Rubrics • Provides criteria of what counts (teacher expectations) at the beginning of an assessment/project/assignment to guide students • Gives student informative feedback about their works in progress and gives detailed evaluations of their final product • Provides various levels of quality with descriptions of strong, middling and problematic work • Allows for more ongoing student self-assessment
Types of rubrics • Holistic – no specific criteria, single score • Ex. healthy vs not healthy • Analytic-Trait – isolates criteria into separate scales providing multiple scores • Ex. Specific health problems
Do’s • Limit the number of learning targets to what is do-able for students. • Customize rubrics for your specific assessments. • Use descriptivecriteria to define the levels of your rubric. • Phrase rubric in kid-friendly language. • Give examples that will make the criteria clear.

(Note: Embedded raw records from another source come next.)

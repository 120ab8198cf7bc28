//! What stands in files: their rules, and why some of them are refused.
ghost use Rattle.std.specs.Prelude.{◌≡◌, ◌≤◌, ◌<◌, ◌^◌, ◌++◌, ℕ, Some, length, map, slice_get, IfOk, OnOk};
ghost use Rattle.lf_ast.specs.Rules.{rule_trees};
ghost use Rattle.lf_base.specs.declared.refusal.Refusal.TheVariants as refusal_of;
ghost use Rattle.lf_accept.specs.Taken.{FileTakes};
ghost use Rattle.lf_judge.specs.Allowance.{AreAllowed, AreTaken};
ghost use Rattle.lf_judge.specs.Founds.{AreContents, HasContent, rules_in};
ghost use Rattle.lf_judge.specs.Judged.{file_of, files_of};
ghost use Rattle.lf_judge.specs.declared.source.Source.{Source};
ghost use Rattle.lf_judge.specs.views.Accepting.{IsFoundIn, IsOfContents, IsOfFiles, content_in, content_of, refusal_in, taken_in};

use crate::Source;
use crate::allowance::{TakenSoFar, allow};
use crate::moving::taken_out;
use lf_accept::{Acceptance, accept_counted};
use lf_ast::Rule;
use lf_base::{Gate, Memory, Refusal, Seq};
use lf_board::map_pieces;
use lf_report::Refused;
use std::alloc::Global;
use std::thread::Threads;

/// The phase in which workers accept files, a piece being a file.
const ACCEPTING: u8 = 0;

/// What stands in a file.
#[derive(Drop)]
pub enum FileContent {
    /// Its rules, in its order.
    Rules { of: Seq<Rule> },
    /// Why it is refused.
    Refused { why: Refused },
}

/// What stands in a file, and what was taken of allowances for its patterns.
#[derive(Drop)]
pub struct Counted {
    pub found: FileContent,
    pub taken: u64,
}

/// What stands in files.
#[derive(Drop)]
pub struct Accepted {
    /// Why each file is refused, where it is, in the order of the files.
    pub refusals: Seq<Option<Refused>>,
    /// The rules of the files that aren't refused, file by file.
    pub rules: Seq<Rule>,
}

/// What stands in these files, which are numbered from 0. Where their patterns count more in all than those of a run may, memory is wanting.
pub fn accept_all<R: Threads + Sync, G: Gate + Sync>(
    rt: &R,
    alloc: Global,
    files: &Seq<Source>,
    workers: u32,
    gate: &G,
) -> Result<Accepted, Memory>
    requires room { (k : ℕ) (file : Source) → slice_get files.now k ≡ Some file → length file.bytes ≤ 2 ^ 31 }
    requires few { length files.now < 2 ^ 32 }
    requires workers { (0 < workers) × (workers ≤ 64) }
    ensures found { IfOk result (IsOfFiles (files_of files.now)) }
    ensures allowed { IfOk result (λ accepted. AreAllowed (files_of files.now)) }
{
    let found = accept_each(rt, alloc, files, workers, gate)?;
    allow(found.as_slice())?;
    put_together(alloc, found)
}

/// What stands in each of these files, and what was taken for it.
fn accept_each<R: Threads + Sync, G: Gate + Sync>(
    rt: &R,
    alloc: Global,
    files: &Seq<Source>,
    workers: u32,
    gate: &G,
) -> Result<Seq<Counted>, Memory>
    requires room { (k : ℕ) (file : Source) → slice_get files.now k ≡ Some file → length file.bytes ≤ 2 ^ 31 }
    requires few { length files.now < 2 ^ 32 }
    requires workers { (0 < workers) × (workers ≤ 64) }
    ensures found { IfOk result (λ found. AreContents (files_of files.now) (map content_in found)) }
    ensures taken { IfOk result (λ found. AreTaken (files_of files.now) (map taken_in found)) }
{
    let so_far = TakenSoFar::nothing();
    let accept_one = |number: u32| -> Result<Counted, Memory>
        requires room { (k : ℕ) (file : Source) → slice_get files.now k ≡ Some file → length file.bytes ≤ 2 ^ 31 }
        requires within { number < length files.now }
        ensures { IfOk result (IsFoundIn (files_of files.entry.now) number) }
    { accept_file(alloc, &so_far, files.get(number as usize), number) };
    map_pieces(
        rt,
        alloc,
        files.len() as u32,
        workers,
        gate,
        ACCEPTING,
        &accept_one,
    )
}

/// What stands in the file with this number, and what was taken for it. It isn't read where more than may be was taken already.
fn accept_file(
    alloc: Global,
    so_far: &TakenSoFar,
    file: &Source,
    number: u32,
) -> Result<Counted, Memory>
    requires { length file.now.bytes ≤ 2 ^ 31 }
    ensures found { IfOk result (λ counted. HasContent number (file_of file.now) (content_in counted)) }
    ensures taken { IfOk result (λ counted. FileTakes file.now.bytes counted.taken) }
{
    if so_far.is_over() {
        return Err(Memory);
    }
    let Acceptance { answer, taken } = accept_counted(alloc, file.bytes.as_slice(), number);
    so_far.add(taken);
    match answer {
        Ok(of) => {
            let found = FileContent::Rules { of };
            Ok(Counted { found, taken })
        }
        Err(refusal) => {
            let why = refused(refusal)?;
            let found = FileContent::Refused { why };
            Ok(Counted { found, taken })
        }
    }
}

/// Why a file is refused, unless memory ran out.
fn refused(refusal: Refusal) -> Result<Refused, Memory>
    ensures { IfOk result (λ why. refusal ≡ refusal_of.At why.kind why.span) }
{
    match refusal {
        Refusal::At { kind, span } => Ok(Refused { kind, span }),
        Refusal::Memory => Err(Memory),
    }
}

/// What stands in all files, by what stands in each.
fn put_together(alloc: Global, found: Seq<Counted>) -> Result<Accepted, Memory>
    ensures { IfOk result (IsOfContents (map content_in found)) }
{
    let mut taken = taken_out(alloc, found)?;
    let mut refusals = Seq::new(alloc);
    let mut rules = Seq::new(alloc);
    while let Some(next) = taken.pop() {
        let refusal = move_found(alloc, &mut rules, next.found)?;
        refusals.push(refusal)?;
    }
    Ok(Accepted { refusals, rules })
}

/// Moves the rules of a file behind these, unless it is refused. Answers why it is, if so.
fn move_found(
    alloc: Global,
    rules: &mut Seq<Rule>,
    found: FileContent,
) -> Result<Option<Refused>, Memory>
    ensures refusal { IfOk result (λ refusal. refusal ≡ refusal_in (content_of found)) }
    ensures rules { OnOk result (rule_trees rules.new ≡ rule_trees rules.old ++ rules_in (content_of found)) }
{
    match found {
        FileContent::Rules { of } => {
            move_behind(alloc, rules, of)?;
            Ok(None)
        }
        FileContent::Refused { why } => Ok(Some(why)),
    }
}

/// Moves rules behind others.
fn move_behind(alloc: Global, rules: &mut Seq<Rule>, more: Seq<Rule>) -> Result<(), Memory>
    ensures { OnOk result (rules.new ≡ rules.old ++ more) }
{
    if rules.len() == 0 {
        *rules = more;
        return Ok(());
    }
    let mut taken = taken_out(alloc, more)?;
    while let Some(rule) = taken.pop() {
        rules.push(rule)?;
    }
    Ok(())
}
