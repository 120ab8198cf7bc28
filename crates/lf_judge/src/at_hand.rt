//! What is at hand to tell of rules.

use crate::Source;
use lf_ast::Rule;
use lf_base::Seq;
use lf_checks::Checker;
use lf_classes::Universe;
use lf_flow::Env;
use lf_report::Position;

/// The phase in which workers tell of rules, a piece being a rule.
pub const TELLING: u8 = 2;

/// What is at hand to tell of the rules of files. Workers share it.
#[derive(Drop)]
pub struct AtHand<'a> {
    pub files: &'a Seq<Source>,
    pub rules: &'a Seq<Rule>,
    /// Where the names of the rules stand.
    pub names: &'a [Position],
    pub universe: &'a Universe,
    pub env: &'a Env,
    pub checker: &'a Checker<'a>,
}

Don’ts • Rely too heavily on counting to determine levels (quality vs. quantity). • Score what is easy to score rather than what is most important. • Focus on mechanics, organization and presentation in lieu of content.
Write Around • How can teachers effectively use both teacher and peer feedback in the classroom? • What is the teacher’s role in peer feedback?
Feedback • is intended to be a tool to encourage improvement • is timely and ongoing • is specific • is based on mutually understood goals
When teachers provide quality feedback to their students, there is a significant increase in both motivation and achievement.